== Source material ==

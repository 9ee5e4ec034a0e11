//! Lexemes: the smallest parts of a pattern's text.
ghost use Rattle.std.specs.Prelude.{◌≡◌};
ghost use Rattle.od_language.specs.declared.lexeme.LexFault.TheVariants as fault;

use od_text::text::{NoMemory, Text};

/// What a lexeme is. A text that it carries has its escapes replaced and its marks taken off.
#[derive(Debug, Drop)]
pub enum LexKind {
    /// A word: the name of a field, or a value without marks.
    Word(Text),
    /// A text between two `"` or two `'`.
    Quoted(Text),
    /// A regular expression between two `/`.
    Regex(Text),
    /// `(?<name>`, which opens a capture.
    NameOpen(Text),
    /// `(?=`
    AheadIs,
    /// `(?!`
    AheadNot,
    /// `(?<=`
    BehindIs,
    /// `(?<!`
    BehindNot,
    /// `{n}`, `{n,m}`, `{n,}` or `{,m}`: the least and the most number of turns.
    Range(u32, Option<u32>),
    /// `[`
    SquareOpen,
    /// `]`
    SquareClose,
    /// `(`
    RoundOpen,
    /// `)`
    RoundClose,
    /// `&`
    And,
    /// `|`
    Or,
    /// `!`
    Not,
    /// `=`
    Equal,
    /// `@`
    At,
    /// `>`
    Along,
    /// `<`
    Against,
    /// `>>`
    AnyAlong,
    /// `<<`
    AnyAgainst,
    /// `?`
    Question,
    /// `*`
    Star,
    /// `+`
    Plus,
    /// `^`
    Caret,
    /// `$`
    Dollar,
    /// The end of what was read.
    End,
}

/// A lexeme, and the place of its first byte in the text, from 0.
#[derive(Debug, Drop)]
pub struct Lexeme {
    pub at: u32,
    pub kind: LexKind,
}

/// Why no lexeme stands at a place.
#[derive(Clone, Copy, Debug, PartialEq, Eq)]
pub enum Miss {
    /// No lexeme begins with this character.
    BadChar,
    /// The text ends before the mark that closes a quoted text.
    OpenText,
    /// The text ends before the `/` that closes a regular expression.
    OpenRegex,
    /// A `{` that begins no range.
    BadNumber,
}

/// The first place of a text, in bytes from 0, at which no lexeme stands, or that memory was refused.
#[derive(Clone, Copy, Debug, PartialEq, Eq)]
pub enum LexFault {
    BadChar { at: u32 },
    OpenText { at: u32 },
    OpenRegex { at: u32 },
    BadNumber { at: u32 },
    NoMemory,
}

impl From<NoMemory> for LexFault {
    ghost from_gives = { λ _ e. e ≡ fault.NoMemory };

    fn from(_refused: NoMemory) -> LexFault {
        LexFault::NoMemory
    }
}
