//! Tables of truths on sentences of numbers.
ghost use Rattle.std.specs.Prelude.{◌≡◌, ◌++◌, ◌∷◌, [], map, IfOk};
ghost use Rattle.od_asked.specs.Tables.{columns_of, truths};
ghost use Rattle.od_text.specs.Lists.{Each};
ghost use Rattle.od_columns.specs.Resolved.{asked_in, table_of};

use crate::resolved::{ResolvedRule, ResolvedThing};
use od_asked::columns::Columns;
use od_constraint::{edge_truth, truth};
use od_postings::IdSentence;
use od_text::list::List;
use od_text::text::NoMemory;
use std::alloc::Global;

/// The truths of one thing.
fn row(alloc: Global, thing: &ResolvedThing, sentence: &IdSentence) -> Result<List<bool>, NoMemory>
    requires { table_of thing.now ≡ sentence.now.table }
    ensures { IfOk result (λ row. row ≡ truths sentence.now.sentence (asked_in thing.now)) }
{
    let row = match thing {
        ResolvedThing::AtTokens(resolved) => truth(alloc, resolved, sentence)?,
        ResolvedThing::AtEdges(label) => edge_truth(alloc, label, sentence)?,
    };
    Ok(List::from_vec(row))
}

/// The truths of all things, one row each.
fn rows(
    alloc: Global,
    things: &[ResolvedThing],
    sentence: &IdSentence,
) -> Result<List<List<bool>>, NoMemory>
    requires { Each (λ thing. table_of thing ≡ sentence.now.table) things.now }
    ensures { IfOk result (λ rows.
        rows ≡ columns_of sentence.now.sentence (map asked_in things.now)) }
{
    let mut rows = List::new(alloc);
    for thing in things {
        rows.push(row(alloc, thing, sentence)?)?;
    }
    Ok(rows)
}

/// The truths of what a rule asks on a sentence of the same table, one row for each thing in the
/// order of the rule's text. It compares numbers alone.
///
/// # Errors
///
/// `NoMemory` where memory is refused.
pub fn columns_on(
    alloc: Global,
    resolved: &ResolvedRule,
    sentence: &IdSentence,
) -> Result<Columns, NoMemory>
    requires { resolved.now.table ≡ sentence.now.table }
    ensures { IfOk result (λ columns.
        columns.rows ≡ columns_of sentence.now.sentence resolved.now.asked) }
{
    let rows = rows(alloc, &resolved.things, sentence)?;
    Ok(Columns { rows })
}
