//! Rows of choices that share their beginnings, in which hops and events keep what they find, and
//! why finding stops.
#![tactic(auto)]

pub mod fault;
#[cfg(test)]
mod tests;
pub mod trails;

===

Assigned task: Make a verbatim transcription of all the material.

Exercise solution:
repository 9ee5e4ec034a0e11
//! Lexemes: the smallest parts of a pattern's text.
ghost use Rattle.std.specs.Prelude.{◌≡◌};
ghost use Rattle.od_language.specs.declared.lexeme.LexFault.TheVariants as fault;

use od_text::text::{NoMemory, Text};

/// What a lexeme is. A text that it carries has its escapes replaced and its marks taken off.
#[derive(Debug, Drop)]
pub enum LexKind {
    /// A word: the name of a field, or a value without marks.
    Word(Text),
    /// A text between two `"` or two `'`.
    Quoted(Text),
    /// A regular expression between two `/`.
    Regex(Text),
    /// `(?<name>`, which opens a capture.
    NameOpen(Text),
    /// `(?=`
    AheadIs,
    /// `(?!`
    AheadNot,
    /// `(?<=`
    BehindIs,
    /// `(?<!`
    BehindNot,
    /// `{n}`, `{n,m}`, `{n,}` or `{,m}`: the least and the most number of turns.
    Range(u32, Option<u32>),
    /// `[`
    SquareOpen,
    /// `]`
    SquareClose,
    /// `(`
    RoundOpen,
    /// `)`
    RoundClose,
    /// `&`
    And,
    /// `|`
    Or,
    /// `!`
    Not,
    /// `=`
    Equal,
    /// `@`
    At,
    /// `>`
    Along,
    /// `<`
    Against,
    /// `>>`
    AnyAlong,
    /// `<<`
    AnyAgainst,
    /// `?`
    Question,
    /// `*`
    Star,
    /// `+`
    Plus,
    /// `^`
    Caret,
    /// `$`
    Dollar,
    /// The end of what was read.
    End,
}

/// A lexeme, and the place of its first byte in the text, from 0.
#[derive(Debug, Drop)]
pub struct Lexeme {
    pub at: u32,
    pub kind: LexKind,
}

/// Why no lexeme stands at a place.
#[derive(Clone, Copy, Debug, PartialEq, Eq)]
pub enum Miss {
    /// No lexeme begins with this character.
    BadChar,
    /// The text ends before the mark that closes a quoted text.
    OpenText,
    /// The text ends before the `/` that closes a regular expression.
    OpenRegex,
    /// A `{` that begins no range.
    BadNumber,
}

/// The first place of a text, in bytes from 0, at which no lexeme stands, or that memory was refused.
#[derive(Clone, Copy, Debug, PartialEq, Eq)]
pub enum LexFault {
    BadChar { at: u32 },
    OpenText { at: u32 },
    OpenRegex { at: u32 },
    BadNumber { at: u32 },
    NoMemory,
}

impl From<NoMemory> for LexFault {
    ghost from_gives = { λ _ e. e ≡ fault.NoMemory };

    fn from(_refused: NoMemory) -> LexFault {
        LexFault::NoMemory
    }
}
//! Tables of truths on sentences of numbers.
ghost use Rattle.std.specs.Prelude.{◌≡◌, ◌++◌, ◌∷◌, [], map, IfOk};
ghost use Rattle.od_asked.specs.Tables.{columns_of, truths};
ghost use Rattle.od_text.specs.Lists.{Each};
ghost use Rattle.od_columns.specs.Resolved.{asked_in, table_of};

use crate::resolved::{ResolvedRule, ResolvedThing};
use od_asked::columns::Columns;
use od_constraint::{edge_truth, truth};
use od_postings::IdSentence;
use od_text::list::List;
use od_text::text::NoMemory;
use std::alloc::Global;

/// The truths of one thing.
fn row(alloc: Global, thing: &ResolvedThing, sentence: &IdSentence) -> Result<List<bool>, NoMemory>
    requires { table_of thing.now ≡ sentence.now.table }
    ensures { IfOk result (λ row. row ≡ truths sentence.now.sentence (asked_in thing.now)) }
{
    let row = match thing {
        ResolvedThing::AtTokens(resolved) => truth(alloc, resolved, sentence)?,
        ResolvedThing::AtEdges(label) => edge_truth(alloc, label, sentence)?,
    };
    Ok(List::from_vec(row))
}

/// The truths of all things, one row each.
fn rows(
    alloc: Global,
    things: &[ResolvedThing],
    sentence: &IdSentence,
) -> Result<List<List<bool>>, NoMemory>
    requires { Each (λ thing. table_of thing ≡ sentence.now.table) things.now }
    ensures { IfOk result (λ rows.
        rows ≡ columns_of sentence.now.sentence (map asked_in things.now)) }
{
    let mut rows = List::new(alloc);
    for thing in things {
        rows.push(row(alloc, thing, sentence)?)?;
    }
    Ok(rows)
}

/// The truths of what a rule asks on a sentence of the same table, one row for each thing in the
/// order of the rule's text. It compares numbers alone.
///
/// # Errors
///
/// `NoMemory` where memory is refused.
pub fn columns_on(
    alloc: Global,
    resolved: &ResolvedRule,
    sentence: &IdSentence,
) -> Result<Columns, NoMemory>
    requires { resolved.now.table ≡ sentence.now.table }
    ensures { IfOk result (λ columns.
        columns.rows ≡ columns_of sentence.now.sentence resolved.now.asked) }
{
    let rows = rows(alloc, &resolved.things, sentence)?;
    Ok(Columns { rows })
}
//! Rows of choices that share their beginnings, in which hops and events keep what they find, and
//! why finding stops.
#![tactic(auto)]

pub mod fault;
#[cfg(test)]
mod tests;
pub mod trails;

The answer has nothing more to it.